Casey Key Road property owners win Coastal Setback Variance for kitchen, pool and gazebos seaward of county’s Gulf Beach Setback Line

Commissioner Nancy Detert the only board member to oppose the petition

A graphic shows the plans for the new construction, along with the locations of existing buildings, at 819 Casey Key Road in Nokomis. ‘GBSL’ stands for Gulf Beach Setback Line. ‘MHWL’ stands for Mean High Water Line. Image courtesy Sarasota County

The kitchen was the sticking point for Sarasota County Commissioner Nancy Detert.

In the general context of a Casey Key Road couple’s request for a Coastal Setback Variance, however, her colleagues took a different view. They granted the variance on a 4-1 vote.

James S. and Molly A Resch of 819 Casey Key Road in Nokomis were seeking the variance so they could reconfigure their existing swimming pool and spa, add a garage, two new gazebos, paver walkways and driveways, and the kitchen on their property, a county staff memo explained.

The Resches bought the initial 37,897-square-foot parcel on March 1, 1991, the memo noted. At that time, the portion of the property at the heart of their petition for the variance was the site of a single-family home built in 1952 and a detached, one-story garage — both located entirely seaward of the county’s Gulf Beach Setback Line (GBSL). That line was implemented to protect coastal vegetation and property during storms, county staff has pointed out.

On May 26, 1992, the memo continued, the Resches obtained County Commission approval to add a second story to the existing garage, along with a concrete entryway, a privacy wall and a new swimming pool and spa.

The existing pool is 58.5 feet seaward of the GBSL, the memo said; the new pool would be 4.4 feet further seaward of the GBSL.

The proposed kitchen would comprise 217 square feet of enclosed habitable space, the memo noted. That structure would result in a 9.4% increase in habitable area seaward of the GBSL, the memo pointed out.

The unenclosed non-habitable area in the plans would be 391 square feet more landward than the existing unenclosed non-habitable structures, the memo said.

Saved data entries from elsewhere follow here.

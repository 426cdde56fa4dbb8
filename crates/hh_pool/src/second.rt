//! The second pass: the candidates' exact weights are counted.

ghost use Rattle.std.specs.Prelude.{◌≡◌, ◌+◌, ◌<◌, ◌++◌, List, length, sum};
ghost use Rattle.std.specs.Prelude.{IfOk, IsErrOf, OnOk};
ghost use Rattle.hh_stream.specs.Weights.{Entry, max_total, total_of};
ghost use Rattle.hh_stream.specs.Cuttings.{pieces_of, whole_of};
ghost use Rattle.hh_summaries.specs.Report.{weights_at};
ghost use Rattle.hh_shared.specs.Seats.{fresh};
ghost use Rattle.hh_pool.specs.Passes.{IsSecondPass};
ghost use Rattle.hh_workers.specs.Pieces.{piece_of};
ghost use Rattle.hh_pool.specs.Progress.{AreCounted};

use hh_counters::{Candidates, Counts};
use hh_shared::{SharedSums, SumSeat};
use hh_stream::laws::pieces_make_the_whole;
use hh_stream::{Cutting, PieceFault, Stream, TakeItems};
use hh_workers::{
    CutStream, Gate, Pass, Pieces, add_numbers, only_memory, run_sequentially, run_worker,
};
use std::alloc::{AllocError, Global};

/// What each worker of the second pass works on.
#[derive(Drop)]
pub(crate) struct SecondPass<'a, 's, 'c, G> {
    pub(crate) alloc: Global,
    pub(crate) pieces: &'a CutStream<'s>,
    pub(crate) gate: &'a G,
    pub(crate) candidates: &'c Candidates,
}

/// Runs one worker of the second pass: it claims pieces from the lowest on, and of each that it
/// gets it calls the gate and counts the candidates. It gathers their weights in numbers of its
/// own, which it adds to the shared cells, one for each candidate, at the end. It waits for nobody,
/// unless the gate does. Where memory is refused, the seat is lost.
pub fn second_pass<G: Gate>(
    alloc: Global,
    sums: &SharedSums,
    seat: SumSeat,
    stream: &Stream,
    cutting: &Cutting,
    candidates: &Candidates,
    gate: &G,
    worker: u64,
) -> Result<SumSeat, AllocError>
    requires same_len { sum cutting.now ≡ length stream.now }
    requires seat { seat ≡ fresh sums.now }
    requires claims { sums.now.claims ≡ length cutting.now }
    requires cells { sums.now.cells ≡ length candidates.now }
    ensures sums { IfOk result (λ seat. seat.sums ≡ sums.now) }
    ensures pass { IfOk result
        (λ seat. IsSecondPass (pieces_of cutting.now stream.now) candidates.now seat) }
{
    pieces_make_the_whole();
    // It bounds the weights of the pieces.
    let _total = stream.total();
    let pass = SecondPass {
        alloc,
        pieces: &CutStream::new(stream, cutting),
        gate,
        candidates,
    };
    let (seat, _) = only_memory(run_worker(&pass, sums, seat, worker))?;
    Ok(seat)
}

/// Makes the second pass by the calling thread, as where no worker claimed a piece: the weights of
/// the candidates, and the total of the stream where there are candidates. `gate` hears of the
/// number `workers`.
pub fn second_pass_sequentially<G: Gate>(
    alloc: Global,
    stream: &Stream,
    cutting: &Cutting,
    candidates: &Candidates,
    gate: &G,
    workers: u64,
) -> Result<(Vec<u64>, u64), AllocError>
    requires same_len { sum cutting.now ≡ length stream.now }
    ensures weights { IfOk result (λ r. r.0.items ≡ weights_at candidates.now stream.now) }
    ensures total { IfOk result
        (λ r. 0 < length candidates.now → r.1 ≡ total_of stream.now) }
{
    pieces_make_the_whole();
    // It bounds the weights of the pieces.
    let _total = stream.total();
    let pass = SecondPass {
        alloc,
        pieces: &CutStream::new(stream, cutting),
        gate,
        candidates,
    };
    only_memory(pass.sequential(workers))
}

impl<'a, 's, 'c, G: Gate> SecondPass<'a, 's, 'c, G> {
    // Counts the candidates of a piece, which isn't read where there are none.
    fn count_piece(&self, counts: &mut Counts, piece: usize) -> Result<(), PieceFault>
        requires { piece < length self.now.pieces.now }
        ensures counted { let items = piece_of self.now.pieces.now piece in OnOk result
            ((ys : List Entry) → AreCounted self.now.candidates.now ys counts.old
            → AreCounted self.now.candidates.now (ys ++ items) counts.new) }
        ensures refused { IsErrOf result PieceFault.Refused
            → max_total < counts.old.total + total_of (piece_of self.now.pieces.now piece) }
    {
        if self.candidates.is_empty() {
            return Ok(());
        }
        self.pieces.feed(self.alloc, piece, counts)
    }

    /// What the calling thread counts without sums: the candidates' weights in all pieces, and the
    /// total of all items where there are candidates. `workers` is what the gate hears.
    pub(crate) fn sequential(&self, workers: u64) -> Result<(Vec<u64>, u64), PieceFault>
        ensures weights { IfOk result (λ r.
            r.0.items ≡ weights_at self.now.candidates.now (whole_of self.now.pieces.now)) }
        ensures total { IfOk result (λ r. 0 < length self.now.candidates.now
            → r.1 ≡ total_of (whole_of self.now.pieces.now)) }
        ensures refused { IsErrOf result PieceFault.Refused
            → max_total < total_of (whole_of self.now.pieces.now) }
    {
        let counts = run_sequentially(self, workers)?;
        let total = counts.total();
        Ok((counts.into_weights(), total))
    }
}

impl<'a, 's, 'c, G: Gate> Pass for SecondPass<'a, 's, 'c, G> {
    type Local = Counts<'c>;

    type Partial = ();

    ghost use Rattle.std.specs.Prelude.{◌<◌, length};
    ghost use Rattle.hh_stream.specs.Cuttings.{whole_of};
    ghost use Rattle.hh_stream.specs.Weights.{max_total, total_of};
    ghost use Rattle.hh_pool.specs.Passes.{AreSecondPasses};
    ghost use Rattle.hh_pool.specs.Progress.{AreCounted};
    ghost use Rattle.hh_workers.specs.Pieces.{items_at};

    ghost pieces = { λ p. length p.pieces.now };

    ghost cells = { λ p. length p.candidates.now };

    ghost is_made = { λ p numbers counts.
        AreCounted p.candidates.now (items_at p.pieces.now numbers) counts };

    ghost all_done = { λ p seat _. AreSecondPasses p.pieces.now p.candidates.now seat };

    ghost may_refuse = { λ p. max_total < total_of (whole_of p.pieces.now) };

    fn count(&self) -> usize {
        self.pieces.count()
    }

    fn begin(&self) -> Result<Counts<'c>, AllocError> {
        Counts::new(self.alloc, self.candidates)
    }

    fn take(
        &self,
        mut made: Counts<'c>,
        worker: u64,
        piece: usize,
    ) -> Result<Counts<'c>, PieceFault> {
        self.gate.before(2, worker, piece as u64);
        self.count_piece(&mut made, piece)?;
        Ok(made)
    }

    fn finish(&self, sums: &SharedSums, seat: &mut SumSeat, made: Counts<'c>) {
        add_numbers(sums, seat, &made.into_weights());
    }

    fn merge(&self, _one: (), _other: ()) -> Result<(), PieceFault> {
        Ok(())
    }
}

The house and pool at 819 Casey Key Road are shown in this image provided to the County Commission. Image courtesy Sarasota County

Additionally, the 985-square-foot, sand-set paver deck proposed to surround the new pool and spa would be a maximum of 68.4 feet seaward of the GBSL, the memo noted.

The new garage and gazebos would result in a 114% increase in enclosed non-habitable area on the property, the memo said.

Approximately 64% of the property at 819 Casey Key Road is seaward of the GBSL, the memo added. The house also is entirely seaward of Casey Key Road, the memo said.

Board policy and a mitigating factor

Noting on Oct. 10 that the new pool would be even further seaward than the current one, Commissioner Detert asked Howard Berna, the county’s environmental planning manager, “Would you agree that this is not in compliance with our stated policy,” which the commission asks staff to enforce?

She added that it is her understanding that the board’s policy is to grant a Coastal Setback Variance only if a denial would impede reasonable use of the property.

“Correct,” Berna responded.

The requested swimming pool, spa and pool deck are considered ancillary structures, according to a staff analysis accompanying the memo in the Oct. 10 board agenda packet. “Denial of ancillary features would not result in an unreasonable hardship on the land,” the analysis pointed out. “The intensity of construction on this parcel seaward of the GBSL may result in future public expenditures associated with cleanup efforts following a natural disaster,” it added.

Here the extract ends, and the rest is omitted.